I live about a hour from Chapel Hill. Is there a reason you asked?


----------



## ThomasR (Aug 14, 2011)

jd61285 said:


> I live about a hour from Chapel Hill. Is there a reason you asked?



Yeah, wanted to know if anyone knows of any apartment that does allow tegus. Now thinking back I guess I should not have asked the question cause I guess nobody would really know,but, thanks for answering


----------



## dragonmetalhead (Aug 14, 2011)

Just ask the landlord. The worst they can say is no. When I was in college and got my first apartment, the lease didn't allow cats or dogs on the premises. I was worried so when I went in to review the lease I asked the landlord if I could bring my ball python. Not only did he not care since it was not a cat or dog, he proceeded to tell me about a previous tenant who left a 6.5 foot boa constrictor behind. Seeings as reptiles make minimal noise and are easy to contain, they are the ideal pets for an apartment IMO.


----------



## Kebechet (Aug 14, 2011)

Just ask if they allow reptiles, because you have a lizard. It's that simple.

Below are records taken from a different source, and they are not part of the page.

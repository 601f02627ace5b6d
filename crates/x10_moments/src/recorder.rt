//! The moments of a run, one after another.
ghost use Rattle.std.specs.Prelude.{◌≡◌, ◌<◌, ◌∷◌, [], ◌++◌, IfOk, IfSome, OnOk, Some, length, slice_get, slice_index_or};
ghost use Rattle.std.specs.String.{string_bytes};
ghost use Rattle.x10_place.specs.StandsFor.{PlaceState};
ghost use Rattle.x10_states.specs.Json.{comma, json};
ghost use Rattle.x10_states.specs.Kinds.{AreLeast};
ghost use Rattle.x10_states.specs.Parts.{ArePartsOf};
ghost use Rattle.x10_world.specs.Happenings.{HasDone};
ghost use Rattle.x10_world.specs.StandsForWorld.{WorldState};
ghost use Rattle.x10_moments.specs.Moments.{AreShown, IsShown, Shown, changed_place, changed_text, event_part, first_moment, first_places, next_moment, nothing, place_text, places_part, posts_part, posts_text};
ghost use Rattle.x10_moments.specs.Pages.{counts_part, data_front, flights_part, listing_part, page_front};
ghost use Rattle.x10_moments.specs.Recorders.{IsBegun, Updates};

use crate::parts::{no_parts, push_changed_place, push_place};
use crate::posts::{push_flights, push_posts};
use std::alloc::{AllocError, Global};
use std::fmt::Write;
use std::marker::Model;
use x10_asm::list;
use x10_image::ImageView;
use x10_model::Event;
use x10_page::HEAD;
use x10_states::{Kinds, Parts, parts_of, push_comma, push_json};
use x10_trace::trace_line;
use x10_verify::Verified;
use x10_world::{Done, World};

/// What makes the moments of a run as text: it keeps what each place showed last.
#[derive(Drop)]
pub struct Recorder<'a> {
    alloc: Global,
    verified: &'a Verified<'a>,
    kinds: Kinds,
    places: Vec<Parts>,
}

impl<'a> Model for Recorder<'a> {
    ghost use Rattle.std.specs.Prelude.{map};
    ghost use Rattle.x10_moments.specs.Moments.{shown_by};
    ghost use Rattle.x10_moments.specs.Recorders.{RecorderState};

    ghost Value = { RecorderState };

    ghost view = { λ a. record { program = a.verified.now.program; kinds = a.kinds; places = map shown_by a.places.items } };
}

/// Begins a page of a run of a verified module, in the world before the first event that it shows, and answers what will make the
/// moments after it, and how the page begins, the first moment included. `before` is how many events of the run were made until
/// then. Linear in what the places hold and in how many frames were put out; takes 0.4 kB for each instruction of the module.
pub fn begin_page<'a>(
    alloc: Global,
    verified: &'a Verified<'a>,
    world: &World,
    before: u64,
) -> Result<(Recorder<'a>, String), AllocError>
    ensures { IfOk result (λ x. IsBegun verified.now.program world.now before x.0
        (string_bytes x.1)) }
{
    let mut recorder = Recorder::new(alloc, verified)?;
    let text = recorder.begin(world, before)?;
    Ok((recorder, text))
}

/// The place that an event changed.
fn changed(event: Event, done: &Done) -> Option<u16>
    ensures { result ≡ changed_place event done.now }
{
    match (event, *done) {
        (Event::Step(place, _), Done::Moved { .. }) => Some(place),
        (Event::Deliver(_), Done::Taken { to }) => Some(to),
        _ => None,
    }
}

/// Pushes a text in quotes, behind a name.
fn push_named(text: &mut String, name: &str, value: &str) -> Result<(), AllocError>
    ensures { OnOk result (string_bytes text.new
        ≡ string_bytes text.old ++ (name.now ++ json value.now)) }
{
    text.push_str(name)?;
    push_json(text, value)
}

/// Pushes how many places there are, and how many events were made before.
#[tactic(auto, unfolding(crate::specs::Pages::counts_part))]
fn push_counts(text: &mut String, places: u16, before: u64) -> Result<(), AllocError>
    ensures { OnOk result (string_bytes text.new
        ≡ string_bytes text.old ++ counts_part places before) }
{
    write!(text, ",\"places\":{places},\"before\":{before}")
}

/// Pushes the frames in flight, behind their name, and how the moments begin.
#[tactic(auto, unfolding(crate::specs::Pages::flights_part))]
fn push_flights_part(alloc: Global, text: &mut String, world: &World) -> Result<(), AllocError>
    ensures { OnOk result (string_bytes text.new ≡ string_bytes text.old
        ++ flights_part (length world.now.places) world.now.flights) }
{
    text.push_str(",\"flights\":")?;
    push_flights(alloc, text, world)?;
    text.push_str(",\"moments\":[\n")?;
    Ok(())
}

impl<'a> Recorder<'a> {
    /// Before a run of a verified module. Takes 0.4 kB for each of its instructions.
    fn new(alloc: Global, verified: &'a Verified<'a>) -> Result<Recorder<'a>, AllocError>
        ensures least { IfOk result (λ r. AreLeast r.program r.kinds) }
        ensures program { IfOk result (λ r. r.program ≡ verified.now.program) }
        ensures places { IfOk result (λ r. r.places ≡ []) }
    {
        let kinds = Kinds::new(alloc, verified)?;
        Ok(Recorder {
            alloc,
            verified,
            kinds,
            places: Vec::new(alloc),
        })
    }

    /// How a page begins, and what the places of a world show. Linear in what they hold and in how many frames were put out.
    fn begin(&mut self, world: &World, before: u64) -> Result<String, AllocError>
        requires { self.old.places ≡ [] }
        ensures text { IfOk result (λ text. string_bytes text
            ≡ page_front self.old.program (length world.now.places) before world.now.flights
            ++ first_moment self.new.places) }
        ensures places { IfOk result (λ _. AreShown self.old.program self.old.kinds
            world.now.places self.new.places) }
        ensures program { self.new.program ≡ self.old.program }
        ensures kinds { self.new.kinds ≡ self.old.kinds }
    {
        let mut text = String::from_str(self.alloc, HEAD)?;
        self.push_front(&mut text, world, before)?;
        self.push_first_moment(&mut text, world)?;
        Ok(text)
    }
}

impl<'a> Recorder<'a> {
    /// The module's image.
    fn image(&self) -> &ImageView<'a>
        ensures { result.now ≡ self.now.program }
    {
        self.verified.image()
    }

    /// Pushes the module's listing, behind its name.
    #[tactic(auto, unfolding(crate::specs::Pages::listing_part))]
    fn push_listing(&self, text: &mut String) -> Result<(), AllocError>
        ensures { OnOk result (string_bytes text.new
            ≡ string_bytes text.old ++ listing_part self.now.program) }
    {
        let listing = list(self.alloc, self.image())?;
        push_named(text, "{\"listing\":", &listing)
    }

    /// Pushes how the data begin.
    #[tactic(auto, unfolding(crate::specs::Pages::data_front))]
    fn push_front(&self, text: &mut String, world: &World, before: u64) -> Result<(), AllocError>
        ensures { OnOk result (string_bytes text.new ≡ string_bytes text.old
            ++ data_front self.now.program (length world.now.places) before world.now.flights) }
    {
        self.push_listing(text)?;
        push_counts(text, world.count(), before)?;
        push_flights_part(self.alloc, text, world)
    }

    /// What a place of a world shows.
    fn shown(&self, world: &World, id: u16) -> Result<Parts, AllocError>
        ensures { (p : PlaceState) → slice_get world.now.places id ≡ Some p
            → IfOk result (ArePartsOf self.now.program self.now.kinds p) }
    {
        match world.place(id) {
            Some(place) => parts_of(self.alloc, self.image(), &self.kinds, place),
            None => Ok(no_parts(self.alloc)),
        }
    }

    /// Pushes what the next place of a world shows, and keeps it.
    fn push_first(&mut self, text: &mut String, world: &World, id: u16) -> Result<(), AllocError>
        ensures added { OnOk result ((s : Shown)
            × ((p : PlaceState) → slice_get world.now.places id ≡ Some p
            → IsShown self.old.program self.old.kinds p s)
            × (self.new.places ≡ self.old.places ++ s ∷ [])
            × (string_bytes text.new ≡ string_bytes text.old ++ (comma id
            ++ place_text id nothing s))) }
        ensures program { self.new.program ≡ self.old.program }
        ensures kinds { self.new.kinds ≡ self.old.kinds }
    {
        let parts = self.shown(world, id)?;
        push_comma(text, usize::from(id))?;
        push_place(text, id, &no_parts(self.alloc), &parts)?;
        self.places.push(parts)?;
        Ok(())
    }

    /// Pushes what all places of a world show, and keeps it.
    #[tactic(auto, using(crate::proofs::Moments::all_shown))]
    fn push_places(&mut self, text: &mut String, world: &World) -> Result<(), AllocError>
        requires { self.old.places ≡ [] }
        ensures text { OnOk result (string_bytes text.new
            ≡ string_bytes text.old ++ first_places 0 self.new.places) }
        ensures places { OnOk result (AreShown self.old.program self.old.kinds world.now.places
            self.new.places) }
        ensures program { self.new.program ≡ self.old.program }
        ensures kinds { self.new.kinds ≡ self.old.kinds }
    {
        for id in 0..world.count() {
            self.push_first(text, world, id)?;
        }
        Ok(())
    }

    /// Pushes the first moment: what all places of a world show, which is kept.
    #[tactic(auto, unfolding(crate::specs::Moments::first_moment))]
    fn push_first_moment(&mut self, text: &mut String, world: &World) -> Result<(), AllocError>
        requires { self.old.places ≡ [] }
        ensures text { OnOk result (string_bytes text.new
            ≡ string_bytes text.old ++ first_moment self.new.places) }
        ensures places { OnOk result (AreShown self.old.program self.old.kinds world.now.places
            self.new.places) }
        ensures program { self.new.program ≡ self.old.program }
        ensures kinds { self.new.kinds ≡ self.old.kinds }
    {
        text.push_str("{\"event\":\"\",\"places\":[")?;
        self.push_places(text, world)?;
        text.push_str("],\"posts\":[]}")
    }

    /// Pushes how what the named place of a world shows changed, and keeps it.
    fn push_changed(
        &mut self,
        text: &mut String,
        world: &World,
        place: Option<u16>,
    ) -> Result<(), AllocError>
        requires kept { IfSome place (λ id. id < length self.old.places) }
        requires there { IfSome place (λ id. id < length world.now.places) }
        ensures text { OnOk result (string_bytes text.new ≡ string_bytes text.old
            ++ changed_text place self.old.places self.new.places) }
        ensures places { OnOk result (Updates self.old.program self.old.kinds world.now place
            self.old.places self.new.places) }
        ensures program { self.new.program ≡ self.old.program }
        ensures kinds { self.new.kinds ≡ self.old.kinds }
    {
        let Some(id) = place else {
            return text.push_str("[]");
        };
        let parts = self.shown(world, id)?;
        push_changed_place(text, &mut self.places, id, parts)
    }
}

/// Pushes the lines of an event, behind their name.
#[tactic(auto, unfolding(crate::specs::Moments::event_part))]
fn push_event_part(text: &mut String, lines: &str) -> Result<(), AllocError>
    ensures { OnOk result (string_bytes text.new
        ≡ string_bytes text.old ++ event_part lines.now) }
{
    push_named(text, "{\"event\":", lines)
}

/// Pushes the frames that an event put out, behind their name, and how a moment ends.
#[tactic(auto, unfolding(crate::specs::Moments::posts_part))]
fn push_posts_part(
    alloc: Global,
    text: &mut String,
    world: &World,
    done: &Done,
) -> Result<(), AllocError>
    ensures { OnOk result (string_bytes text.new ≡ string_bytes text.old
        ++ posts_part (posts_text (length world.now.places) world.now.flights done.now)) }
{
    text.push_str(",\"posts\":")?;
    push_posts(alloc, text, world, done)?;
    text.push_str("}")
}

impl<'a> Recorder<'a> {
    /// Pushes how what the named place of a world shows changed, behind its name, and keeps it.
    #[tactic(auto, unfolding(crate::specs::Moments::places_part))]
    fn push_places_part_of(
        &mut self,
        text: &mut String,
        world: &World,
        place: Option<u16>,
    ) -> Result<(), AllocError>
        requires kept { IfSome place (λ id. id < length self.old.places) }
        requires there { IfSome place (λ id. id < length world.now.places) }
        ensures text { OnOk result (string_bytes text.new ≡ string_bytes text.old
            ++ places_part (changed_text place self.old.places self.new.places)) }
        ensures places { OnOk result (Updates self.old.program self.old.kinds world.now place
            self.old.places self.new.places) }
        ensures program { self.new.program ≡ self.old.program }
        ensures kinds { self.new.kinds ≡ self.old.kinds }
    {
        text.push_str(",\"places\":")?;
        self.push_changed(text, world, place)
    }

    /// The moment after an event, in the world right after it, with a comma and a line feed before it. Linear in what the place
    /// of the event holds, and in the frames that it put out.
    pub fn next(&mut self, world: &World, event: Event, done: &Done) -> Result<String, AllocError>
        requires { (y : WorldState) × HasDone y event done.now world.now
            × AreShown self.old.program self.old.kinds y.places self.old.places }
        ensures told { IfOk result (λ text. string_bytes text ≡ 44 ∷ 10
            ∷ next_moment self.old.places self.new.places event done.now world.now) }
        ensures places { IfOk result (λ _. (y : WorldState) → HasDone y event done.now world.now
            → AreShown self.old.program self.old.kinds y.places self.old.places
            → AreShown self.old.program self.old.kinds world.now.places self.new.places) }
        ensures program { self.new.program ≡ self.old.program }
        ensures kinds { self.new.kinds ≡ self.old.kinds }
    {
        let lines = trace_line(self.alloc, world, event, done)?;
        let mut text = String::from_str(self.alloc, ",\n")?;
        push_event_part(&mut text, &lines)?;
        self.push_places_part_of(&mut text, world, changed(event, done))?;
        push_posts_part(self.alloc, &mut text, world, done)?;
        Ok(text)
    }
}
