//! The moments of a run: what its places show, as changes from event to event, and the page that holds them.
#![tactic(auto)]

mod changes;
mod pages;
mod parts;
mod posts;
mod recorder;

pub use pages::end_of_page;
pub use recorder::{Recorder, begin_page};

Explain that it will be contained, and that it eats things like chicken and blueberries (Link sure loves both of those things) It humanizes the animal to the people who hear about it and makes them less apprehensive. Honestly if the apartment allows cats and dogs, there isn't usually a problem with reptiles, except for snakes, because so many people are afraid of them. Explain that if they're concerned, that you would be willing to put down a pet deposit. If you act like it'll be a problem, they'll act like it is a problem. People pick up on subconscious cues, and if you're nervous, they'll probably get a little nervous too.


----------



## tora (Aug 15, 2011)

Well, we had a little issue with the people that run the office at our apartment complex. They told me I wasn't allowed to have them and to get rid of them, but then was told to just give a list of animals I had so they could ask the boss. I still have my animals and haven't heard back since! I bet they just wanted to make sure nothing was too dangerous. I am a good renter, though. So they probably didn't want to make a big deal out of something that wasn't and kick a good, reliable family out.


----------



## ThomasR (Aug 15, 2011)

Thanks a lot


----------



## herpocrite27 (Aug 16, 2011)

I was told caged animals including lizards were OK at my apt. I got my down payment sent in and all the paperwork done. They called and said I could come and pick up the key and while I was on the line they asked what type of lizard, so I told them Tegu. They called back an hour later and said I was denied because they found out they get 4ft long. I hope you have better luck.


----------



## adam1120 (Aug 16, 2011)

should of told them you had a blue tegu and when it was 4 feet just told them it wasa monster blue lol


----------



## Neeko (Aug 16, 2011)

Sorry to hear that.


----------